Após a conclusão da transição azul-verde, os dados de monitorização revelaram um sinal inesperado: a taxa de erros de tokens de atualização aumentou.

Após investigar a causa, descobriu-se que o novo Hydra adotou um mecanismo de invalidação mais rigoroso para a reutilização de tokens de atualização: uma vez detetada a reutilização do mesmo token de atualização, todo o conjunto de credenciais de acesso (token de acesso e token de atualização) é revogado em conjunto.

Isto causou problemas para os clientes Wrangler e MCP, porque estes tipos de ferramentas, em cenários de rede instável ou pedidos concorrentes, já podiam naturalmente desencadear a reutilização do token de atualização.

A solução foi adicionar um "mecanismo de fusão de tokens de atualização" no Worker que encaminha o tráfego OAuth: quando são detetados múltiplos pedidos de atualização para o mesmo token a entrar simultaneamente, o sistema combina-os num único pedido, evitando desencadear a lógica de falha em cadeia. Esta correção fez com que o comportamento de integração dos clientes MCP voltasse ao normal.

Este episódio também revelou uma realidade: o padrão de comportamento de autorização das ferramentas de agente de IA tem diferenças estruturais em relação ao fluxo OAuth tradicional operado por humanos.

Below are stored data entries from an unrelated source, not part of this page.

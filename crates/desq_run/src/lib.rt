//! One run of the command: words and files in, the answer or one message out.
#![tactic(auto)]

mod attempts;
mod checking;
mod inputs;
mod jobs;
mod laws;
mod merging;
mod messages;
mod proving;
mod rows;
mod running;
mod shares;
mod sources;

pub use laws::{
    a_checked_proof_shows_its_rows, a_share_finds_its_part_of_the_answer,
    a_written_proof_passes_its_check, an_accepted_input_has_an_answer, at_most_one_first_refusal,
    at_most_one_text, made_output_is_the_summary, the_outputs_of_all_shares_merge_to_the_answer,
};
pub use running::run;
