//! Mines, and writes a proof of the answer.

ghost use Rattle.std.specs.Prelude.{◌≡◌, ◌≢◌, ◌⊎◌, ◌≤◌, ◌<◌, ℕ, List, Err, IsTrue, IfOk, IfErr, OnOk, OnErr, All};
ghost use Rattle.text_ports.specs.Faults.{Rose};
ghost use Rattle.mine_model.specs.declared.fault.Fault.TheVariants.{Read, Write, NoMemory as OutOfMemory};
ghost use Rattle.mine_model.specs.declared.fault.Which.{Which};
ghost use Rattle.mine_model.specs.Limits.{most_workers};
ghost use Rattle.mine_model.specs.Names.{HasName};
ghost use Rattle.pattern_proof.specs.Writings.{AreOfAnswer, GainsProof, GainsPart};
ghost use Rattle.command_line.specs.Words.{prove as to_prove, SuitsTask, IsCommand, NamesFile};
ghost use Rattle.command_line.specs.Commands.{source_said, task_said, command_said};
ghost use Rattle.desq_run.specs.Ends.{Input, IsInput, IsAnswerText, NeedsNoFile, MayEndWith};
ghost use Rattle.desq_run.specs.Inputs.{HasShare};
ghost use Rattle.desq_run.specs.Tasks.{IsDone, Gains, GainsFirst};

use super::jobs::{NamedJob, read_job};
use super::rows::ordered_rows;
use command_line::Command;
use item_names::Names;
use mine_model::{Fault, Gate, Mined, Row, Work};
use mining_job::Job;
use pattern_proof::ProofWriter;
use pattern_writer::WriteFault;
use std::alloc::Global;
use std::sync::Wait;
use std::thread::Threads;
use text_ports::{Files, Sink};

/// Writes a proof of the rows, in their order. All memory is taken before the first byte is written.
fn write_proof<O: Sink>(
    alloc: Global,
    job: &Job,
    names: &Names,
    rows: &[Row],
    out: &mut O,
) -> Result<(), Fault>
    requires frequent { AreOfAnswer job.now rows.now }
    requires named { All (λ row. All (HasName names.now) row.pattern) rows.now }
    ensures written { OnOk result
        (GainsProof job.now names.now rows.now (O.written out.old) (O.written out.new)) }
    ensures cut { result ≡ Err Write
        → GainsPart job.now names.now rows.now (O.written out.old) (O.written out.new) }
    ensures unchanged { OnErr result (result ≢ Err Write → O.written out.new ≡ O.written out.old) }
    ensures fails { IfErr result (λ fault. (fault ≡ Write) ⊎ (fault ≡ OutOfMemory)) }
    ensures write_fault { result ≡ Err Write → Rose (O.faults out.old) (O.faults out.new) }
    ensures never_falls { O.faults out.old ≤ O.faults out.new }
{
    let mut writer = ProofWriter::new(alloc, job, names, rows)?;
    match writer.write(out) {
        Ok(()) => Ok(()),
        Err(WriteFault) => Err(Fault::Write),
    }
}

/// Mines as the command says, and writes a proof of the answer. Gives the work.
pub(crate) fn prove<R: Threads + Wait + Sync, F: Files, O: Sink, G: Gate>(
    rt: &R,
    alloc: Global,
    command: &Command,
    files: &mut F,
    out: &mut O,
    gate: &G,
) -> Result<Work, Fault>
    requires may { (file : List ℕ) → NamesFile (command_said command.now) file
        → IsTrue (F.may files.old file) }
    requires threshold { 1 ≤ command.now.threshold }
    requires workers { 1 ≤ command.now.workers }
    requires few { command.now.workers ≤ most_workers }
    requires share { HasShare command.now.share }
    requires task { task_said command.now.task ≡ to_prove }
    requires suits { SuitsTask (task_said command.now.task) (command_said command.now) }
    ensures done { (words : List (List ℕ)) → IsCommand words (command_said command.now)
        → IfOk result (λ work. IsDone words (F.holds files.old) (command_said command.now) work) }
    ensures ends { (words : List (List ℕ)) → IsCommand words (command_said command.now)
        → IfErr result (λ fault. MayEndWith words (F.holds files.old) (Err fault)) }
    ensures written { OnOk result ((words : List (List ℕ)) (input : Input)
        → IsCommand words (command_said command.now) → IsInput words (F.holds files.old) input
        → Gains (IsAnswerText input) (O.written out.old) (O.written out.new)) }
    ensures cut { result ≡ Err Write → (words : List (List ℕ)) (input : Input)
        → IsCommand words (command_said command.now) → IsInput words (F.holds files.old) input
        → GainsFirst (IsAnswerText input) (O.written out.old) (O.written out.new) }
    ensures unchanged { OnErr result (result ≢ Err Write → O.written out.new ≡ O.written out.old) }
    ensures read_fault { (file : Which) → result ≡ Err (Read file)
        → Rose (F.faults files.old) (F.faults files.new) }
    ensures write_fault { result ≡ Err Write → Rose (O.faults out.old) (O.faults out.new) }
    ensures untouched { NeedsNoFile (source_said command.now.source) → files.new ≡ files.old }
    ensures same_names { F.may files.new ≡ F.may files.old }
    ensures same_files { F.holds files.new ≡ F.holds files.old }
    ensures never_falls { (F.faults files.old ≤ F.faults files.new) × (O.faults out.old ≤ O.faults out.new) }
{
    let NamedJob { names, job } = read_job(rt, alloc, command, files)?;
    let Mined { rows, work } = ordered_rows(rt, alloc, &names, &job, command, gate)?;
    write_proof(alloc, &job, &names, rows.as_slice(), out)?;
    Ok(work)
}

As ferramentas de agente podem enviar um grande número de pedidos concorrentes de atualização de token num curto período de tempo, enquanto a implementação tradicional do OAuth não foi concebida para este cenário de uso.

Após a atualização, as melhorias nos indicadores de desempenho foram bastante significativas. A latência P95 da API caiu de 185 ms para 101 ms, uma redução de 45%; a memória residente ocupada reduziu de 888 MB para 763 MB, uma diminuição de 14%; as alocações de heap Go passaram de 449 MB para 271 MB, uma redução de 40%; o número de goroutines caiu de 4.015 para 3.076, uma redução de 23%; o uso de CPU passou de 1,07 núcleos para 0,67 núcleos, uma poupança de 37%.

A Cloudflare afirmou que a abertura do OAuth auto-gerido permite que os programadores construam soluções de integração com âmbitos de consentimento mais transparentes e revogação mais fácil, o que é particularmente importante para a saúde do ecossistema de ferramentas de agente de IA. Quando os modelos de IA operam serviços em nome dos humanos, "o que este agente está autorizado a fazer" e "como revogar o seu acesso" serão questões incontornáveis no quadro de confiança.